Of course, I was initially heartbroken by the absence of language. By the inability to translate the beauty and wonder I had just experienced—much of which I can’t quite remember now, except in abstract shades of feeling and color. I know I met some children, who were me, in there. I know there were some landscapes I traveled while I lay supine and smiling under the care of this beautiful friend. I know that while I was in there I didn’t want to ***.
But realizing that there is an adult version of myself who does, in fact, shut the **** up—and not out of fear of saying the wrong thing, or saying too much, or misspeaking, or harming / angering / confusing anyone, but out of pleasure and joy? That I can access a happiness that can’t be articulated? A peace that can’t be, and doesn’t need to be, described?
That the excess of grief and rage and worry will still be present, spilling over alongside the excess of love and affection and curiosity and wonder, but the spill doesn’t need a rushed explanation, an apology, or even to be pointed out at all?
This is me working all the time to be quiet. To say only what I really feel, no filler. To ask only the questions I have the right to ask (I hope). This is me still curious, still full of feelings and ideas and grievances and gossip and the strange little thoughts passing through my head. But after a summer of saying too much, I think it’s time for a shut-up-Hannah fall. A stillness and a more regular practice of silence. Just smiling, maybe. Or crying or reading or gazing etc. But with closed lips and a journal full of the love letters that never need to be mailed to, or read by, anyone else on earth.
So much of abortion care and reproductive / sexual health care is knowing when to keep one’s mouth shut. We keep so many secrets for patients, they could fill oceans. We offer only the words we think will be useful, at only the moments they can be used. But when it comes to my internal life, I’ve been at once too trusting and too fearful to shut up. So I’m going to experiment with not sharing every feeling immediately.
Thanks, ketamine, for introducing me to a self who behaves differently. What more can we ever ask for, than a mirror and a window?
Covering the exposed nerve that can feel like an identity, at times. That I feel too much, ask for too much, cry too much, laugh too much, say too much, am too much: this has been a long-held core self-belief. And a source of shame and grief in some moments, of stubborn clinging pride in others.
But every book, every piece of writing, every conversation, every relationship holds a different balance. Who is speaking, and who is quiet? Who is giving and who is taking? Every person is always, at every moment, shifting and evolving and changing. And what we do is who we are, not the other way around.
“Too much” is not who I am but—at times—what I’m doing.

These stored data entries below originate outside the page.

//! The pieces that demands expand into.
ghost use Rattle.std.specs.Prelude.{◌≡◌, ◌<◌, ◌^◌, IfOk, length};
ghost use Rattle.ir_syntax.specs.SoundFunctions.{IsSoundFunction};
ghost use Rattle.ir_syntax.specs.Programs.{IsProgram};
ghost use Rattle.ir_syntax.specs.Symbols.{item_at, IsFunctionFor};
ghost use Rattle.ir_syntax.specs.declared.item.Item.TheVariants as item;
ghost use Rattle.fold_facts.specs.Closed.{IsLeastClosed};
ghost use Rattle.fold_facts.specs.OfFunction.{AreKnownOf, IsAssignmentOf, IsAssignmentIn, results_in};
ghost use Rattle.fold_facts.specs.Places.{blocks_of as blocks_in};
ghost use Rattle.demands.specs.Demands.{IsDemand, IsVariable};
ghost use Rattle.demands.specs.declared.demand.Demand.TheVariants as demand;
ghost use Rattle.interface.specs.Asked.{AreCycles};
ghost use Rattle.specialise.specs.Leaving.{leaving};
ghost use Rattle.specialise.specs.Residual.{residual as residual_of};
ghost use Rattle.specialise.specs.Pieces.{IsPieceBy, IsResidual, IsAssignmentFor, HasLeastPiece, IsVariablePiece, IsExpansion, IsExpansionAt};
ghost use Rattle.specialise.specs.Mirrors.Shown.{shown};

use crate::Piece;
use crate::blocks::left_blocks;
use crate::edges::ReachedEdges;
use crate::left::Left;
use crate::masks::{kept_of, reached_of};
use crate::needs::{body_needs, init_needs};
use demands::Demand;
use fold_facts::Assignment;
use fold_sparse::solve;
use interface::{facts_of, item_of};
use ir_syntax::{Block, Body, Func, Item, Program, Sym, Var};
use ir_types::{Known, List, OutOfMemory};
use occam_base::Steps;
use std::alloc::Global;
use std::marker::Brand;
use std::sync::ledger::{Blank, Ledger};

fn blocks_of(func: &Func) -> &[Block]
    ensures { result.now ≡ blocks_in func.now }
{
    match &func.body {
        Some(body) => body.blocks.as_slice(),
        None => &[],
    }
}

/// How the blocks are left by an assignment.
fn left_of<'a>(
    alloc: Global,
    known: &'a [Known],
    a: &Assignment,
    blocks: &[Block],
) -> Result<Left<'a>, OutOfMemory>
    requires of { IsAssignmentIn blocks.now a.now }
    requires few { length (results_in blocks.now) < 2 ^ 64 }
    ensures { IfOk result (λ left. shown left ≡ leaving known.now blocks.now a.now) }
{
    let facts = facts_of(alloc, a, blocks)?;
    let reached = reached_of(alloc, a, blocks)?;
    let kept = kept_of(alloc, a, facts.as_slice(), blocks)?;
    let edges = ReachedEdges::of(alloc, a, blocks)?;
    Ok(Left {
        known,
        facts,
        reached,
        kept,
        edges,
    })
}

/// What is left of a function by an assignment.
fn residual_body(
    alloc: Global,
    known: &[Known],
    func: &Func,
    a: &Assignment,
) -> Result<Body, OutOfMemory>
    requires of { IsAssignmentOf func.now a.now }
    requires few { length (results_in (blocks_in func.now)) < 2 ^ 64 }
    ensures { IfOk result (λ body. body ≡ residual_of known.now func.now a.now) }
{
    let blocks = blocks_of(func);
    let left = left_of(alloc, known, a, blocks)?;
    Ok(Body {
        blocks: left_blocks(alloc, &left, blocks)?,
    })
}

/// The piece of a function by an assignment, where this is known of its parameters. It stands in the module `home`.
fn piece_by(
    alloc: Global,
    p: &Program,
    cycles: &List<List<bool>>,
    home: usize,
    func: &Func,
    known: &[Known],
    a: &Assignment,
) -> Result<Piece, OutOfMemory>
    requires of { IsAssignmentOf func.now a.now }
    requires sound { IsSoundFunction func.now }
    ensures { IfOk result (IsPieceBy p.now cycles.now home known.now func.now a.now) }
{
    let body = residual_body(alloc, known, func, a)?;
    let calls = body_needs(alloc, p, cycles, home, body.blocks.as_slice())?;
    let size = body.count() as u64;
    Ok(Piece {
        body: Some(body),
        calls,
        size,
    })
}

/// The least closed assignment of a function, with a counter of steps that nobody reads.
fn solved<L: Ledger>(
    alloc: Global,
    func: &Func,
    known: &[Known],
    blank: Blank,
) -> Result<Assignment, OutOfMemory>
    requires name { blank.name ≡ L.name }
    requires parts { blank.parts ≡ L.parts }
    requires some { 0 < L.parts }
    requires known { AreKnownOf func.now known.now }
    requires sound { IsSoundFunction func.now }
    ensures of { IfOk result (IsAssignmentOf func.now) }
    ensures least { IfOk result (IsLeastClosed (record { known = known.now }) (blocks_in func.now)) }
{
    let mut steps: Steps<L> = Steps::new(blank);
    solve(alloc, func, known, &mut steps)
}

/// The piece of a function by the least closed assignment.
fn expand_function(
    alloc: Global,
    p: &Program,
    cycles: &List<List<bool>>,
    home: usize,
    func: &Func,
    known: &[Known],
) -> Result<Piece, OutOfMemory>
    requires known { AreKnownOf func.now known.now }
    requires sound { IsSoundFunction func.now }
    ensures { IfOk result (HasLeastPiece p.now cycles.now home known.now func.now) }
{
    let a = solved::<Brand>(alloc, func, known, Blank::new(1))?;
    piece_by(alloc, p, cycles, home, func, known, &a)
}

/// The piece of a variable in the module `home`.
fn expand_variable(alloc: Global, p: &Program, home: usize, var: &Var) -> Result<Piece, OutOfMemory>
    ensures { IfOk result (IsVariablePiece p.now home var.now) }
{
    let calls = init_needs(alloc, p, home, &var.init)?;
    Ok(Piece {
        body: None,
        calls,
        size: 0,
    })
}

/// What a demand of the program expands into, whatever `cycles` holds.
pub(crate) fn expanded(
    alloc: Global,
    p: &Program,
    cycles: &List<List<bool>>,
    d: &Demand,
) -> Result<Piece, OutOfMemory>
    requires demand { IsDemand p.now.modules d.now }
    ensures expansion { IfOk result (IsExpansion p.now cycles.now d.now) }
    ensures program { IsProgram p.now }
{
    match d {
        Demand::Func {
            func: symbol,
            pattern,
        } => match item_of(p, *symbol) {
            Some(Item::Func(func)) => {
                expand_function(alloc, p, cycles, symbol.module, func, pattern.items())
            }
            Some(Item::Var(_)) => unreachable!(),
            None => unreachable!(),
        },
        Demand::Var { var: symbol } => match item_of(p, *symbol) {
            Some(Item::Var(var)) => expand_variable(alloc, p, symbol.module, var),
            Some(Item::Func(_)) => unreachable!(),
            None => unreachable!(),
        },
    }
}

/// What a demand of the program expands into: of a function its residual body by the least closed assignment, the rows that
/// this body needs, in row order and each once, and how many phis, instructions and terminators it has; of a variable no body,
/// the rows that its initialiser needs, and 0.
///
/// In the body, calls are still written to the original functions with all their arguments, and parameters keep their numbers.
/// Results and blocks are counted anew. `cycles` says of each item whether it is on a call cycle, as `on_cycles` gives it.
/// `OutOfMemory` says that the allocator refused memory.
pub fn expand(
    alloc: Global,
    p: &Program,
    cycles: &List<List<bool>>,
    d: &Demand,
) -> Result<Piece, OutOfMemory>
    requires cycles { AreCycles p.now cycles.now }
    requires demand { IsDemand p.now.modules d.now }
    ensures { IfOk result (IsExpansion p.now cycles.now d.now) }
{
    expanded(alloc, p, cycles, d)
}

/// What a demand of the program for a function leaves and needs by another assignment of the function, as `expand` gives it by
/// the least closed one. `OutOfMemory` says that the allocator refused memory.
pub fn residual(
    alloc: Global,
    p: &Program,
    cycles: &List<List<bool>>,
    d: &Demand,
    a: &Assignment,
) -> Result<Piece, OutOfMemory>
    requires cycles { AreCycles p.now cycles.now }
    requires assigned { IsAssignmentFor p.now d.now a.now }
    ensures { IfOk result (IsResidual p.now cycles.now d.now a.now) }
{
    match d {
        Demand::Func {
            func: symbol,
            pattern,
        } => match item_of(p, *symbol) {
            Some(Item::Func(func)) => {
                piece_by(alloc, p, cycles, symbol.module, func, pattern.items(), a)
            }
            Some(Item::Var(_)) => unreachable!(),
            None => unreachable!(),
        },
        Demand::Var { .. } => unreachable!(),
    }
}
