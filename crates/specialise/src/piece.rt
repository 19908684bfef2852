//! What a demand expands into.
use demand_core::Row;
use ir_syntax::Body;
use ir_types::List;

/// The residual body of a function, the rows that it needs, and how many phis, instructions and terminators it has. A variable
/// has no body, and needs what its initialiser names.
#[derive(Debug, Drop)]
pub struct Piece {
    pub body: Option<Body>,
    pub calls: List<Row>,
    pub size: u64,
}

So I’ll publish my essays and poetry and I’ll tweet my silly little tweets (and skeet my silly little BlueSkeets, though with slightly less juice, I fear) and pour my messy heart out here and elsewhere. I’ll try to sell Book No.2 and write new stories, maybe new books! (Please buy them if I do). And I’ll keep reaching out when the still small voice inside of me—whom I hope to be hearing a lot more from, and with whom I promise to be far less bratty, now that Brat Summer really is LONG gone in the darkening rearview mirror) says to reach out.
I’ll remember that what brought me to this was someone else offering to be my scribe. It was complete safety in her company. It was the trust that she would hold my weirdest freakiest ugliest words, that produced a state of being myself who has no need to say any words at all.
And I hope you experience the same.

What new substances or behaviors are you experimenting with? What are you hearing when you quiet your mind down a little bit? What are you writing and making and saying when you’re choosing not to write/make/say everything?